10. The recombinant microorganism of claim 1, comprising the recombinant T-formaldehyde lyase gene.
11. The recombinant microorganism of claim 10, wherein, when present, the recombinant T-formaldehyde lyase gene encodes PcfL of Novosphingobium aromaticivorans (SEQ ID NO:16), a protein comprising a sequence at least 95% identical to SEQ ID NO:16, an ortholog of PcfL of Novosphingobium aromaticivorans, a recombinant variant of the ortholog of PcfL of Novosphingobium aromaticivorans.

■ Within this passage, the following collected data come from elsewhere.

// What a public call answers, and the checks that calls share. Every check takes every number and every slice; only the last,
// `noise`, asks that the number of classes has been tested.
#![tactic(auto)]

ghost use Rattle.std.specs.Prelude.{◌≡◌, ◌+◌, ◌^◌, ◌≤◌, ◌<◌, length};
ghost use Rattle.torus.specs.Bytes.{words};
ghost use Rattle.answers.specs.Checks as Checks;
ghost use Rattle.answers.specs.Answers as Answers;

// Why a call refuses: each row of the table of returned numbers, whose numbers `number` has. One that judges several things has a case
// for each.
#[derive(Clone, Copy, Debug, PartialEq, Eq)]
pub enum Refusal {
    // 1: N is no power of two from 1 to 1,024.
    Degree,
    // 2: a word has no room for the digits.
    Gadget,
    // 12: the declared weight is above the most ones that a key can have.
    Weight,
    // 3: M is no power of two from 2 to 65,536.
    ClassNumber,
    // 4: a number that counts from 1, as of classes in an entry or of a digit, is 0 or too large.
    Count,
    // 4: there are too many selectors.
    Depth,
    // 4: a polynomial has no coefficient of that number.
    Position,
    // 5: a slice has another length than the exact one.
    Length,
    // 6: a declared amplitude is above 2^31.
    Amplitude,
    // 7: a class is not below M.
    Class,
    // 7: a selector bit is above 1.
    Bit,
    // 8: a word of a key is above 1.
    Key,
    // 9: the noise bound, which is told, is half of a class's band or more.
    Noise(u64),
}

impl Refusal {
    // The number that a refused call returns.
    pub fn number(self) -> u32
        ensures { result ≡ Answers.refusal_number self }
    {
        match self {
            Refusal::Degree => 1,
            Refusal::Gadget => 2,
            Refusal::Weight => 12,
            Refusal::ClassNumber => 3,
            Refusal::Count => 4,
            Refusal::Depth => 4,
            Refusal::Position => 4,
            Refusal::Length => 5,
            Refusal::Amplitude => 6,
            Refusal::Class => 7,
            Refusal::Bit => 7,
            Refusal::Key => 8,
            Refusal::Noise(_) => 9,
        }
    }

    // The noise bound that it reports.
    pub fn bound(self) -> u64
        ensures { result ≡ Answers.refusal_bound self }
    {
        match self {
            Refusal::Noise(bound) => bound,
            _ => 0,
        }
    }
}

// What an accepted call reports: its noise bound, and the number of its CMuxes ("gates").
#[derive(Clone, Copy, Debug, PartialEq, Eq)]
pub struct Ledger {
    pub bound: u64,
    pub gates: u64,
}

impl Ledger {
    // One CMux more: its level's charge is added to the bound.
    pub fn raise(self, charge: u64) -> Ledger
        requires { (self.bound + charge < 2 ^ 64) × (self.gates + 1 < 2 ^ 64) }
        ensures { (result.bound ≡ self.bound + charge) × (result.gates ≡ self.gates + 1) }
    {
        Ledger {
            bound: self.bound + charge,
            gates: self.gates + 1,
        }
    }

    // For a branch that begins where this one began: a path goes through one of the two, so the bound is that of the start; the
    // gates of both count.
    pub fn beside(self, start: Ledger) -> Ledger
        ensures { (result.bound ≡ start.bound) × (result.gates ≡ self.gates) }
    {
        Ledger {
            bound: start.bound,
            gates: self.gates,
        }
    }
}

// What a check gives.
pub type Checked = Result<(), Refusal>;

// What a call gives: what it reports, or why it refuses.
pub type Answer = Result<Ledger, Refusal>;

// The number that a call returns, or a check: 0 where it is accepted or passes.
pub fn number<T: Drop>(answer: Result<T, Refusal>) -> u32
    ensures { result ≡ Answers.number answer }
{
    match answer {
        Ok(_) => 0,
        Err(refusal) => refusal.number(),
    }
}

// The noise bound that it reports.
pub fn bound(answer: Answer) -> u64
    ensures { result ≡ Answers.bound answer }
{
    match answer {
        Ok(ledger) => ledger.bound,
        Err(refusal) => refusal.bound(),
    }
}

// The gates that it reports.
pub fn gates(answer: Answer) -> u64
    ensures { result ≡ Answers.gates answer }
{
    match answer {
        Ok(ledger) => ledger.gates,
        Err(_) => 0,
    }
}

// The answer where nothing is to report.
pub fn accepted() -> Answer
    ensures { result ≡ Answers.accepted }
{
    Ok(Ledger { bound: 0, gates: 0 })
}

// A check of one test.
fn unless(passed: bool, refusal: Refusal) -> Checked
    ensures { result ≡ Checks.unless passed refusal }
{
    if passed { Ok(()) } else { Err(refusal) }
}

// 1: the degree.
pub fn degree(n: u64) -> Checked
    ensures { result ≡ Checks.degree n }
{
    unless(ring::is_degree(n), Refusal::Degree)
}

// 2: the gadget.
pub fn gadget(g: u64, l: u64) -> Checked
    ensures { result ≡ Checks.gadget g l }
{
    unless(gadget::lawful(g, l), Refusal::Gadget)
}

// 12: the declared weight of a key.
pub fn weight(most: u64, w: u64) -> Checked
    ensures { result ≡ Checks.weight most w }
{
    unless(w <= most, Refusal::Weight)
}

// Whether m is a number of classes.
fn is_class_number(m: u64) -> bool
    ensures { result ≡ Checks.is_class_number m }
{
    m.count_ones() == 1 && 2 <= m && m <= 65536
}

// 3: the number of classes.
pub fn class_number(m: u64) -> Checked
    ensures { result ≡ Checks.class_number m }
{
    unless(is_class_number(m), Refusal::ClassNumber)
}

// 4: the number of classes in an entry.
pub fn count(most: u64, s: u64) -> Checked
    ensures { result ≡ Checks.count most s }
{
    unless(1 <= s && s <= most, Refusal::Count)
}

// 4: the number of selectors.
pub fn depth(most: u64, d: u64) -> Checked
    ensures { result ≡ Checks.depth most d }
{
    unless(d <= most, Refusal::Depth)
}

// 4: the position of a coefficient.
pub fn position(n: u64, p: u64) -> Checked
    ensures { result ≡ Checks.position n p }
{
    unless(p < n, Refusal::Position)
}

// 1, 3 and 4: the numbers of a sample that hides s classes.
pub fn sample_numbers(n: u64, m: u64, s: u64) -> Checked
    ensures { result ≡ Checks.sample_numbers n m s }
{
    degree(n)?;
    class_number(m)?;
    count(n, s)
}

// 5: a length in bytes, against the exact one in words. It is divided, so that no number of words wraps.
pub fn exact(length: usize, words: u64) -> Checked
    ensures { result ≡ Checks.exact length words }
{
    let bytes = length as u64;
    unless(bytes % 4 == 0 && bytes / 4 == words, Refusal::Length)
}

// 6: an amplitude that is passed by value.
pub fn amplitude(a: u64) -> Checked
    ensures { result ≡ Checks.amplitude a }
{
    unless(a <= 2147483648, Refusal::Amplitude)
}

// Whether each word of s is below the limit.
fn all_below(s: &[u8], limit: u64) -> bool
    ensures { result ≡ Checks.all_below limit (words s.now) }
{
    for i in 0..s.len() / 4 {
        if limit <= torus::word_at(s, i) as u64 {
            return false;
        }
    }
    true
}

// 6: a slice of amplitudes.
pub fn amplitudes(s: &[u8]) -> Checked
    ensures { result ≡ Checks.amplitudes (words s.now) }
{
    unless(all_below(s, 2147483649), Refusal::Amplitude)
}

// 7: a slice of classes.
pub fn classes(m: u64, s: &[u8]) -> Checked
    ensures { result ≡ Checks.classes m (words s.now) }
{
    unless(all_below(s, m), Refusal::Class)
}

// 7: a selector bit.
pub fn bit(m: u64) -> Checked
    ensures { result ≡ Checks.bit m }
{
    unless(m <= 1, Refusal::Bit)
}

// 8: the words of a key.
pub fn key(s: &[u8]) -> Checked
    ensures { result ≡ Checks.key (words s.now) }
{
    unless(all_below(s, 2), Refusal::Key)
}

// 9: the noise bound, against half of a class's band; with the gates that are reported where it is accepted.
pub fn noise(m: u64, bound: u64, gates: u64) -> Answer
    requires { 1 ≤ m }
    ensures { result ≡ Answers.noise m bound gates }
{
    if bound < 2147483648 / m {
        Ok(Ledger { bound, gates })
    } else {
        Err(Refusal::Noise(bound))
    }
}

// The greatest magnitude among the words of s.
pub fn greatest_magnitude(s: &[u8]) -> u32
    ensures { result ≡ Answers.greatest_magnitude (words s.now) }
{
    let mut most = 0;
    for i in 0..s.len() / 4 {
        most = most.max(torus::magnitude(torus::word_at(s, i)));
    }
    most
}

12. The recombinant microorganism of claim 1, comprising the recombinant lignostilbene dioxygenase gene.
13. The recombinant microorganism of claim 12, wherein, when present, the recombinant lignostilbene dioxygenase gene encodes LsdD of Novosphingobium aromaticivorans (SEQ ID NO:18), a protein comprising a sequence at least 95% identical to SEQ ID NO:18, an ortholog of LsdD of Novosphingobium aromaticivorans, or a recombinant variant of the ortholog of LsdD of Novosphingobium aromaticivorans.
14. The recombinant microorganism of claim 1, comprising the recombinant aromatic acid decarboxylase gene.
15. The recombinant microorganism of claim 14, wherein, when present, the recombinant aromatic acid decarboxylase gene encodes LigW of Novosphingobium aromaticivorans (SEQ ID NO:20), a protein comprising a sequence at least 95% identical to SEQ ID NO:20, an ortholog of LigW of Novosphingobium aromaticivorans, or a recombinant variant of the ortholog of LigW of Novosphingobium aromaticivorans.
16. The recombinant microorganism of claim 1, wherein the recombinant microorganism is a bacterium.
17. The recombinant microorganism of claim 1, wherein the recombinant microorganism is an Alphaproteobacterium.
18. The recombinant microorganism of claim 1, wherein the recombinant microorganism is from an order selected from the group consisting of Sphingomonadales, Actinomyces, Gammaproteobacteria, Betaproteobacteria, and Bacilli.
19. A method of catabolizing a lignin aromatic, the method comprising culturing the recombinant microorganism of claim 1 in a medium comprising the lignin aromatic to thereby catabolize the lignin aromatic.
20. The method of claim 19, wherein the lignin aromatic comprises a β-5 linked lignin aromatic.